Tests found for even_mults:

  • pytest -sv tests/test_core.py::test_even_mults [source]

To run tests please refer to this guide.

Build log-stepped array from start to stop in n steps.

In linear scales each element is equidistant from its neighbors:

# from 1 to 10 in 5 steps
t = np.linspace(1, 10, 5)
t
array([ 1.  ,  3.25,  5.5 ,  7.75, 10.  ])
for i in range(len(t) - 1):
    print(t[i+1] - t[i])
2.25
2.25
2.25
2.25

In logarithmic scales, each element is a multiple of the previous entry:

t = even_mults(1, 10, 5)
t
array([ 1.      ,  1.778279,  3.162278,  5.623413, 10.      ])
# notice how each number is a multiple of its predecessor
for i in range(len(t) - 1):
    print(t[i+1] / t[i])
1.7782794100389228
1.7782794100389228
1.7782794100389228
1.7782794100389228

func_args[source][test]

func_args(func) → bool

No tests found for func_args. To contribute a test please refer to this guide and this discussion.
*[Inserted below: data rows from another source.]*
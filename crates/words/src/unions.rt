// Several sets as one.
ghost use Rattle.std.specs.Prelude.{Any};
ghost use Rattle.words.specs.Sets.{In, Holds};

use crate::WordSet;

// What is in any of the sets.
pub fn union_of<W: WordSet>(sets: &[W]) -> W
    ensures { Holds (W.word result) (λ k. Any (λ set. In k (W.word set)) sets.now) }
{
    let mut all = W::empty();
    for set in sets {
        all = all.union(*set);
    }
    all
}
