//! Entries in the order of their numbers, of which some may be without a place.

ghost use Rattle.std.specs.Prelude.{◌≡◌, ◌↔◌, ◌<◌, false, Some, IfSome, IfNone, OnOk, IsTrue, vec_len, vec_capacity, option_map, length};
ghost use Rattle.std.specs.List.Sorted.{IsNonDecreasingBy};
ghost use Rattle.lw_recent.specs.Entries.{pairs_in, number_of, places_in};
ghost use Rattle.lw_recent.specs.inner.Entries.{shown_at, with_hole, HasHole};
ghost use Rattle.lw_recent.specs.Recent.{IsUnder, Adds, Drops, AreSince, IsNextAbove};

use lw_stamp::NoMemory;

/// A number, and the place under it; without one it is a hole.
#[derive(Drop)]
pub(crate) struct Entry {
    pub(crate) number: u64,
    pub(crate) place: Option<u32>,
}

impl Entry {
    ghost use Rattle.lw_recent.specs.Entries.{shown};

    // Whether the place is there, under the number.
    fn is(&self, number: u64, place: u32) -> bool
        ensures { IsTrue result ↔ (shown self.now ≡ Some (number, place)) }
    {
        match self.place {
            None => false,
            Some(own) => self.number == number && own == place,
        }
    }
}

/// Where the place stands under the number.
pub(crate) fn find(entries: &[Entry], number: u64, place: u32) -> Option<usize>
    requires { IsNonDecreasingBy number_of entries.now }
    ensures some { IfSome result (λ i. shown_at entries.now i ≡ Some (number, place)) }
    ensures within { IfSome result (λ i. i < length entries.now) }
    ensures none { IfNone result (IsUnder (pairs_in entries.now) number place → ⊥) }
{
    let start = entries.partition_point(|entry| entry.number < number);
    for index in start..entries.len() {
        let entry = &entries[index];
        if entry.number != number {
            return None;
        }
        if entry.is(number, place) {
            return Some(index);
        }
    }
    None
}

/// Leaves a hole there.
pub(crate) fn empty_at(entries: &mut Vec<Entry>, index: usize)
    requires { index < vec_len entries.old }
    ensures hole { entries.new.items ≡ with_hole entries.old.items index }
    ensures capacity { vec_capacity entries.new ≡ vec_capacity entries.old }
    ensures len { vec_len entries.new ≡ vec_len entries.old }
{
    entries[index].place = None;
}

/// Takes the place from under the number. Whether it stood there.
pub(crate) fn take_out(entries: &mut Vec<Entry>, number: u64, place: u32) -> bool
    requires { IsNonDecreasingBy number_of entries.old.items }
    ensures drops { Drops number place (pairs_in entries.old.items) (pairs_in entries.new.items) }
    ensures hole { IsTrue result → HasHole entries.new.items }
    ensures none { result ≡ false → IsUnder (pairs_in entries.old.items) number place → ⊥ }
    ensures capacity { vec_capacity entries.new ≡ vec_capacity entries.old }
    ensures rises { IsNonDecreasingBy number_of entries.new.items }
{
    let mut stood = false;
    while let Some(index) = find(entries, number, place) {
        empty_at(entries, index);
        stood = true;
    }
    stood
}

/// Closes the holes up.
pub(crate) fn close_up(entries: &mut Vec<Entry>)
    ensures pairs { pairs_in entries.new.items ≡ pairs_in entries.old.items }
    ensures capacity { vec_capacity entries.new ≡ vec_capacity entries.old }
    ensures rises { IsNonDecreasingBy number_of entries.old.items → IsNonDecreasingBy number_of entries.new.items }
    ensures shorter { HasHole entries.old.items → vec_len entries.new < vec_len entries.old }
{
    entries.retain(|entry| entry.place.is_some());
}

/// Puts a place under a number, where there is room.
pub(crate) fn put(entries: &mut Vec<Entry>, number: u64, place: u32)
    requires rises { IsNonDecreasingBy number_of entries.old.items }
    requires room { vec_len entries.old < vec_capacity entries.old }
    ensures adds { Adds number place (pairs_in entries.old.items) (pairs_in entries.new.items) }
    ensures rises { IsNonDecreasingBy number_of entries.new.items }
{
    let index = entries.partition_point(|entry| entry.number <= number);
    let entry = Entry {
        number,
        place: Some(place),
    };
    let Ok(()) = entries.insert(index, entry) else {
        unreachable!()
    };
}

/// Makes room for one entry more; where room is short, for half as many free ones as there are places.
pub(crate) fn make_room(entries: &mut Vec<Entry>, count: usize) -> Result<(), NoMemory>
    ensures pairs { pairs_in entries.new.items ≡ pairs_in entries.old.items }
    ensures rises { IsNonDecreasingBy number_of entries.old.items → IsNonDecreasingBy number_of entries.new.items }
    ensures room { OnOk result (vec_len entries.new < vec_capacity entries.new) }
{
    let wanted = count.saturating_add(count / 2).saturating_add(2);
    if entries.len() == entries.capacity() && wanted <= entries.capacity() {
        close_up(entries);
    }
    entries.reserve(wanted.saturating_sub(entries.len()).max(1))?;
    Ok(())
}

/// The entries whose numbers are above the given one, or all.
pub(crate) fn entries_above(entries: &[Entry], number: Option<u64>) -> &[Entry]
    requires { IsNonDecreasingBy number_of entries.now }
    ensures { AreSince number (pairs_in entries.now) (places_in result.now) }
{
    match number {
        None => entries,
        Some(number) => &entries[entries.partition_point(|entry| entry.number <= number)..],
    }
}

/// The first place under a number above the given one, and its number. Holes in between are passed over.
pub(crate) fn first_above(entries: &[Entry], number: u64) -> Option<(u64, u32)>
    requires { IsNonDecreasingBy number_of entries.now }
    ensures { IsNextAbove number (pairs_in entries.now) result }
{
    let start = entries.partition_point(|entry| entry.number <= number);
    for index in start..entries.len() {
        let entry = &entries[index];
        if let Some(place) = entry.place {
            return Some((entry.number, place));
        }
    }
    None
}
Return the arguments of func.

func_args(download_url)
('url',
 'dest',
 'overwrite',
 'pbar',
 'show_progress',
 'chunk_size',
 'timeout',
 'retries')

Additionally, func_args can be used with functions that do not belong to the fastai library

func_args(np.linspace)
('start', 'stop', 'num', 'endpoint', 'retstep', 'dtype')

noop[source][test]

noop(x)

Tests found for noop:

  • pytest -sv tests/test_core.py::test_noop [source]

To run tests please refer to this guide.

Return x.

# object is returned as-is
noop([1,2,3])
[1, 2, 3]

one_hot[source][test]

one_hot(x:Collection[int], c:int)

Tests found for one_hot:

  • pytest -sv tests/test_core.py::test_one_hot [source]

To run tests please refer to this guide.

One-hot encode x with c classes.

One-hot encoding is a standard machine learning technique. Assume we are dealing with a 10-class classification problem and we are supplied a list of labels:

y = [1, 4, 4, 5, 7, 9, 2, 4, 0]
jekyll_note("""y is zero-indexed, therefore its first element (1) belongs to class 2, its second element (4) to class 5 and so on.""")
len(y)
9

y can equivalently be expressed as a matrix of 9 rows and 10 columns, where each row represents one element of the original y.

for label in y:
    print(one_hot(label, 10))
[0. 1. 0. 0. 0. 0. 0. 0. 0. 0.]
[0. 0. 0. 0. 1. 0. 0. 0. 0. 0.]
[0. 0. 0. 0. 1. 0. 0. 0. 0. 0.]
[0. 0. 0. 0. 0. 1. 0. 0. 0. 0.]
[0. 0. 0. 0. 0. 0. 0. 1. 0. 0.]
[0. 0. 0. 0. 0. 0. 0. 0. 0. 1.]
[0. 0. 1. 0. 0. 0. 0. 0. 0. 0.]
[0. 0. 0. 0. 1. 0. 0. 0. 0. 0.]
[1. 0. 0. 0. 0. 0. 0. 0. 0. 0.]

show_some[source][test]

show_some(items:Collection[T_co], n_max:int=5, sep:str=',')

No tests found for show_some. To contribute a test please refer to this guide and this discussion.

Return the representation of the first n_max elements in items.

# select 3 elements from a list
some_data = show_some([10, 20, 30, 40, 50], 3) 
some_data
'10,20,30...'
type(some_data) 
str
# the separator can be changed
some_data = show_some([10, 20, 30, 40, 50], 3, sep = '---') 
some_data
'10---20---30...'
some_data[:-3]
'10---20---30'

show_some can take as input any class with __len__ and __getitem__

class Any(object):
    def __init__(self, data):
        self.data = data
    def __len__(self):
        return len(self.data)
    def __getitem__(self,i):
        return self.data[i]
 
some_other_data = Any('nice')
show_some(some_other_data, 2)
'n,i...'

subplots[source][test]

subplots(rows:int, cols:int, imgsize:int=4, figsize:Optional[Tuple[int, int]]=None, title=None, **kwargs)

Tests found for subplots:

  • pytest -sv tests/test_core.py::test_subplots_multi_row_cols [source]
  • pytest -sv tests/test_core.py::test_subplots_single [source]

To run tests please refer to this guide.

Like plt.subplots but with consistent axs shape, kwargs passed to fig.suptitle with title

text2html_table[source][test]

text2html_table(items:Tokens) → str

No tests found for text2html_table. To contribute a test please refer to this guide and this discussion.

Put the texts in items in an HTML table, widths are the widths of the columns in %.